Get Some Perspective on Mortgage Reality
This week, Lifestyle Denver is here to give you some perspective on mortgage reality. The current crisis we find ourselves in has been bred of a complex and often mystifying set of circumstances. This isn’t just a “housing crisis,” it’s a crisis of the investment markets, of the value of the dollar and of derivative investments concocted to generate higher returns. In graduate school Finance 101, we learned about the “risk/reward ratio.” Well, those high-flying investment bankers developed seriously profitable yet highly risky mortgage bundles that they were buying and selling – all while the rest of us slept comfortably in our beds at night.
They reaped the rewards for a time, and now the chickens have come home to roost. The risk was just too great and the house of cards has fallen apart. The Federal Reserve is concerned about inflation, yet is lowering rates to help the housing slide. While that’s all good for real estate and mortgages, it also results in a devalued dollar and rising prices – there’s where inflation rears it’s ugly head after all. And we’re certainly not planning a trip to Europe this year.
Media’s Role
There are currently $9.9 trillion dollars in mortgage loans in the United States, but only 13% of those are sub-prime mortgages. The media sells bad news, and while we can’t deny there has been plenty of it lately, I would argue that theirs is not a balanced perspective.
Why is the media giving the sub-prime “melt down” so much publicity? There were many Fortune 100 and 500 Companies that purchased financial instruments as assets that have sub-prime loans within the product. They did this because of the huge rates of return they gained over the past 6 or 7 years. Now, these companies are writing down their investments gone bad, forgetting the billions of dollars they made on sub prime loans over the last 6 years. The media outlets are focusing on the huge write-downs (and there will be more) and the unfortunate people who have lost their homes. How many people do you actually personally know who have lost their homes in the past 18 months? Not many, I’ll bet.
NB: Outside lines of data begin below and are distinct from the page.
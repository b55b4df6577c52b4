//! The steps of a derivation: whether a node's conclusion is at or above its rule's value.
ghost use Rattle.std.specs.Prelude.{◌≡◌, ◌↔◌, ℕ, map, true, IfErr, IfOk, IfSome};
ghost use Rattle.std.specs.List.{list_all};
ghost use Rattle.algebra.specs.HeldPaths.{Held};
ghost use Rattle.conditions.specs.Conditions.{cond_of, value_of, IsCanonical};
ghost use Rattle.rules.specs.Rules.{AtMost};
ghost use Rattle.effects.specs.Bodies.{part_of};
ghost use Rattle.book_check.specs.declared.refusal.Refusal.{Refusal};
ghost use Rattle.book_check.specs.Conclusions.{conclusions, tests_only};
ghost use Rattle.book_check.specs.Judges.{judge_assignment, judge_program, judge_rel, judge_table, judge_value, own_near, AreCanonical};
ghost use Rattle.book_check.specs.Works.{IsUnbounded};
ghost use Rattle.book_check.specs.Nearness.{is_near as is_near_of, conclusion_numbers, steps_near, AreAllNear, AreOwnNear};
ghost use Rattle.effects.specs.Rules.{rule_of, Value};

use crate::branching::plain_step;
use crate::chain::is_step_at_end;
use crate::judge::Judge;
use crate::lookups::{is_near, is_own_near, tree_at};
use crate::names::tests_either;
use crate::refusal::Refusal;
use crate::rule_values::rule;
use crate::sequences::{expr_below, stmt_below};
use crate::stuck::Stuck;
use crate::values::below;
use crate::work::{StepWork, Work};
use books::Nodes;
use conditions::Tree;
use core_program::CoreExpr;
use effects::BodyPart;
use paths::MethodId;
use std::alloc::{AllocError as NoMemory, Global};
use std::cell::Cell;

/// How many pairs of subtrees the step of a node may visit where no tree is made for its value. What needs more is begun anew.
const LITTLE: u32 = 1 << 8;

/// What the steps of a method's derivation are judged by, and the work that may be made where they aren't near the method.
#[derive(Clone, Copy)]
pub struct Steps<'a> {
    pub judge: &'a Judge<'a>,
    pub method: MethodId,
    pub left: Work<'a>,
}

/// The numbers of the conclusions of nodes.
fn numbers<F: Nodes>(alloc: Global, nodes: F) -> Result<Vec<u32>, NoMemory>
    requires { F.AreKept nodes }
    ensures numbers { IfOk result (λ numbers. numbers.items ≡ conclusion_numbers (F.nodes nodes)) }
    ensures values { IfOk result (λ numbers. (V : ℕ → Value) → map V numbers.items ≡ conclusions V (F.nodes nodes)) }
{
    let mut numbers = Vec::new(alloc);
    let mut rest = nodes;
    while let Some(first) = rest.first() {
        numbers.push(first.number)?;
        rest = first.rest;
    }
    Ok(numbers)
}

/// Whether a tree is at or above the value that a part's rule gives, which is made.
fn is_step_by_value(
    alloc: Global,
    work: Work<'_>,
    judge: &Judge<'_>,
    part: BodyPart<'_>,
    numbers: &[u32],
    d: &Tree,
) -> Result<bool, Refusal>
    requires canonical { AreCanonical (judge_table judge.now) }
    requires known { IsCanonical (cond_of d.now) }
    ensures step { IfOk result (λ b. (b ≡ true) ↔ ((H : Held) →
        AtMost (rule_of (judge_program judge.now) (judge_rel judge.now) (judge_assignment judge.now) (part_of part.entry) (map (judge_value judge.now) numbers.now) H) (value_of (cond_of d.now) H))) }
    ensures unbounded { IsUnbounded work.entry → IfErr result (λ e. e ≡ Refusal.NoMemory) }
{
    let value = rule(alloc, work, judge, part, numbers)?;
    below(work, &value, d)
}

/// Whether a tree is at or above the value that a part's rule gives, with no tree for that value.
fn is_step_by_pairs(
    alloc: Global,
    work: StepWork<'_, '_>,
    judge: &Judge<'_>,
    part: BodyPart<'_>,
    numbers: &[u32],
    d: &Tree,
) -> Result<bool, Stuck>
    requires canonical { AreCanonical (judge_table judge.now) }
    requires known { IsCanonical (cond_of d.now) }
    ensures { IfOk result (λ b. (b ≡ true) ↔ ((H : Held) →
        AtMost (rule_of (judge_program judge.now) (judge_rel judge.now) (judge_assignment judge.now) (part_of part.entry) (map (judge_value judge.now) numbers.now) H) (value_of (cond_of d.now) H))) }
{
    match part {
        BodyPart::Expr(e) => expr_below(alloc, work, judge, e, numbers, d),
        BodyPart::Stmt(s) => stmt_below(alloc, work, judge, s, numbers, d),
    }
}

/// Whether a tree is at or above the value that a part's rule gives, with no tree for that value and little work; `None` where that
/// doesn't tell it.
fn is_step_by_little(
    alloc: Global,
    steps: &Steps<'_>,
    part: BodyPart<'_>,
    numbers: &[u32],
    d: &Tree,
) -> Option<bool>
    requires canonical { AreCanonical (judge_table steps.now.judge.now) }
    requires known { IsCanonical (cond_of d.now) }
    ensures { IfSome result (λ b. (b ≡ true) ↔ ((H : Held) →
        AtMost (rule_of (judge_program steps.now.judge.now) (judge_rel steps.now.judge.now) (judge_assignment steps.now.judge.now) (part_of part.entry) (map (judge_value steps.now.judge.now) numbers.now) H) (value_of (cond_of d.now) H))) }
{
    let left = Cell::new(LITTLE);
    let work = StepWork {
        trees: steps.left,
        pairs: Work::Bounded(&left),
    };
    match is_step_by_pairs(alloc, work, steps.judge, part, numbers, d) {
        Ok(is) => Some(is),
        Err(_) => None,
    }
}

/// Whether a tree is at or above the value that a part's rule gives, where that takes more than a little work: by the value, and by
/// pairs where the value would be too large a tree, or memory is refused, which pairs don't ask for.
fn is_step_by_work(
    alloc: Global,
    work: Work<'_>,
    judge: &Judge<'_>,
    part: BodyPart<'_>,
    numbers: &[u32],
    d: &Tree,
) -> Result<bool, Refusal>
    requires canonical { AreCanonical (judge_table judge.now) }
    requires known { IsCanonical (cond_of d.now) }
    ensures { IfOk result (λ b. (b ≡ true) ↔ ((H : Held) →
        AtMost (rule_of (judge_program judge.now) (judge_rel judge.now) (judge_assignment judge.now) (part_of part.entry) (map (judge_value judge.now) numbers.now) H) (value_of (cond_of d.now) H))) }
{
    match is_step_by_value(alloc, work, judge, part, numbers, d) {
        Ok(is) => Ok(is),
        Err(Refusal::Work) => Err(Refusal::Work),
        Err(Refusal::NoMemory) => {
            let work = StepWork {
                trees: work,
                pairs: work,
            };
            Ok(is_step_by_pairs(alloc, work, judge, part, numbers, d)?)
        }
    }
}

/// Whether a tree is at or above the value that a part's rule gives, within no bound: with no tree for that value where that can be told.
fn is_step_freely(
    alloc: Global,
    judge: &Judge<'_>,
    part: BodyPart<'_>,
    numbers: &[u32],
    d: &Tree,
) -> Result<bool, Refusal>
    requires canonical { AreCanonical (judge_table judge.now) }
    requires known { IsCanonical (cond_of d.now) }
    ensures step { IfOk result (λ b. (b ≡ true) ↔ ((H : Held) →
        AtMost (rule_of (judge_program judge.now) (judge_rel judge.now) (judge_assignment judge.now) (part_of part.entry) (map (judge_value judge.now) numbers.now) H) (value_of (cond_of d.now) H))) }
    ensures free { IfErr result (λ e. e ≡ Refusal.NoMemory) }
{
    let work = StepWork {
        trees: Work::Unbounded,
        pairs: Work::Unbounded,
    };
    match is_step_by_pairs(alloc, work, judge, part, numbers, d) {
        Ok(is) => Ok(is),
        Err(Stuck::NoMemory) => Err(Refusal::NoMemory),
        Err(Stuck::Undecided) => is_step_by_value(alloc, Work::Unbounded, judge, part, numbers, d),
    }
}

/// Whether a part calls no method but one whose tree tests its relevant paths only.
fn calls_near(judge: &Judge<'_>, part: BodyPart<'_>) -> bool
    ensures { ((m : ℕ) → own_near judge.now m ≡ true) → result ≡ true }
{
    match part {
        BodyPart::Expr(CoreExpr::Call(_, callee, _)) => is_own_near(judge, *callee),
        _ => true,
    }
}

/// Whether the trees with these numbers test only paths near the method.
fn are_near(steps: &Steps<'_>, numbers: &[u32]) -> bool
    ensures { result ≡ list_all (is_near_of (steps_near steps.now) (judge_table steps.now.judge.now)) numbers.now }
{
    numbers
        .iter()
        .all(|number| is_near(steps.judge, steps.method, *number))
}

/// Whether all trees that a step looks at test only paths near the method.
fn is_step_near(steps: &Steps<'_>, part: BodyPart<'_>, numbers: &[u32], d: &Tree) -> bool
    ensures { AreOwnNear steps.now.judge.now → tests_only (steps_near steps.now) (cond_of d.now) ≡ true →
        list_all (is_near_of (steps_near steps.now) (judge_table steps.now.judge.now)) numbers.now ≡ true → result ≡ true }
{
    let rel = steps.judge.sets.rel(steps.method);
    let loc = steps.judge.sets.loc(steps.method);
    tests_either(rel, loc, d) && are_near(steps, numbers) && calls_near(steps.judge, part)
}

/// Whether a tree is at or above the value that a part's rule gives. The value of a near step is a small tree, which is made within
/// no bound.
fn is_above_rule(
    alloc: Global,
    steps: &Steps<'_>,
    part: BodyPart<'_>,
    numbers: &[u32],
    d: &Tree,
) -> Result<bool, Refusal>
    requires canonical { AreCanonical (judge_table steps.now.judge.now) }
    requires known { IsCanonical (cond_of d.now) }
    ensures step { IfOk result (λ b. (b ≡ true) ↔ ((H : Held) →
        AtMost (rule_of (judge_program steps.now.judge.now) (judge_rel steps.now.judge.now) (judge_assignment steps.now.judge.now) (part_of part.entry) (map (judge_value steps.now.judge.now) numbers.now) H) (value_of (cond_of d.now) H))) }
    ensures near { AreOwnNear steps.now.judge.now → tests_only (steps_near steps.now) (cond_of d.now) ≡ true →
        list_all (is_near_of (steps_near steps.now) (judge_table steps.now.judge.now)) numbers.now ≡ true → IfErr result (λ e. e ≡ Refusal.NoMemory) }
    ensures free { IsUnbounded steps.now.left → IfErr result (λ e. e ≡ Refusal.NoMemory) }
{
    if is_step_at_end(alloc, steps.judge, part, numbers, d) {
        return Ok(true);
    }
    if let Some(is) = is_step_by_little(alloc, steps, part, numbers, d) {
        return Ok(is);
    }
    if is_step_near(steps, part, numbers, d) {
        return is_step_by_value(alloc, Work::Unbounded, steps.judge, part, numbers, d);
    }
    let Work::Bounded(_) = steps.left else {
        return is_step_freely(alloc, steps.judge, part, numbers, d);
    };
    is_step_by_work(alloc, steps.left, steps.judge, part, numbers, d)
}

/// Whether a node's conclusion is at or above its rule's value. Want of memory where its number has no tree, which no book has. A node
/// meets no bound where its tree and those of its premises test only paths near the method, and the trees of all method lines only
/// relevant ones.
pub fn is_step<F: Nodes>(
    alloc: Global,
    steps: &Steps<'_>,
    part: BodyPart<'_>,
    number: u32,
    premises: F,
) -> Result<bool, Refusal>
    requires kept { F.AreKept premises }
    requires canonical { AreCanonical (judge_table steps.now.judge.now) }
    ensures step { IfOk result (λ b. (b ≡ true) ↔ ((H : Held) →
        AtMost (rule_of (judge_program steps.now.judge.now) (judge_rel steps.now.judge.now) (judge_assignment steps.now.judge.now) (part_of part.entry) (conclusions (judge_value steps.now.judge.now) (F.nodes premises)) H) (judge_value steps.now.judge.now number H))) }
    ensures near { AreOwnNear steps.now.judge.now → is_near_of (steps_near steps.now) (judge_table steps.now.judge.now) number ≡ true →
        AreAllNear (steps_near steps.now) (judge_table steps.now.judge.now) (F.nodes premises) → IfErr result (λ e. e ≡ Refusal.NoMemory) }
    ensures free { IsUnbounded steps.now.left → IfErr result (λ e. e ≡ Refusal.NoMemory) }
{
    let judge = steps.judge;
    let Some(d) = tree_at(judge.table, number) else {
        return Err(Refusal::NoMemory);
    };
    if let Some(is) = plain_step(judge.program, judge.table, part, premises, d) {
        return Ok(is);
    }
    let numbers = numbers(alloc, premises)?;
    is_above_rule(alloc, steps, part, numbers.as_slice(), d)
}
That’s because most homeowners aren’t struggling with making their payments.
Other numbers to keep in mind
According to Henry Paulson, the National Treasury Secretary, while subprime mortgages make up only 13 percent of outstanding mortgages, about 50 percent of the foreclosures started in the third quarter 2007 were subprime loans. And more astonishing is the fact that, while subprime ARMs are only 6.5 percent of mortgages, they represent 40 percent of third-quarter 2007 foreclosure starts. The ARMs will reset again, once more driving up the monthly payments for many of the people holding these types of mortgages. However, given the fact that the bulk of homeowners either have a conventional mortgage or have their home paid off, this will eventually shake out.
The National Association of Realtors published similar numbers in their February “Real Estate Insights“:
As of the third quarter 2007, prime mortgages accounted for 78 percent of the total loans serviced. Subprime loans made up the second largest group of mortgages –13 percent – followed by FHA loans (7%) and VA loans (2%). Keep in mind that these percentage breakouts pertain to homeowners who have mortgages. There are approximately one-third of homeowners who do not have a mortgage because they have paid it off.
Today, 92 percent of American homeowners – 51 million households – pay their mortgages on time. A recent Moody’s report estimates that just 8.8 million of those households have zero or negative equity. 15.5% of all mortgages seem to be the at risk ones. Did you also know that:
6.9% is the average yearly rate of appreciation of homes since 1952?
30% of all homes in the United States are paid off?
Buyers and Sellers and a Meeting of the Mind
Days on Market for listed properties in Denver has gone down slightly over the past 3 months. While 3 months doesn’t make a trend, it is indicative that our market is stabilizing. In fact, recent economics lecturers have stated that Denver is poised ahead of many areas to pull out of the real estate slump.
Contracts are increasing in my office, showings are up and open houses are busy. It’s nice to see that buyers and sellers can still have a meeting of the mind regardless of what the press reports. Lawrence Yun, the NAR Chief Economist, has stated that he feels by third quarter 2008 there will be a noticeable increase in home sales. A friend of mine who owns a highly regarded real estate company in Denver commented that he thinks the buyers who are buying today will look back in one year and find they’re, “in the cat-bird seat.” He thinks this is the point where the tide is beginning to turn.
The last time this happened in Denver – the late 1980s – many people looked back and said, “man, I shoulda done it a year ago!” I think that people who wait for the bottom often miss it and buy on the way back up. I guess that’s human nature.
What I wouldn’t do is wait for the press to tell you it’s a good time to buy. According to Warren Buffet, “when everyone else is panicking, it’s the time to buy.” (Something along those lines anyway). So go get help with your mortgage from a professional in the business with a trustworthy reputation and a proven track record. Use a Denver Real Estate broker of the same caliber. You’ll find your dream home and quite fretting over the news reports.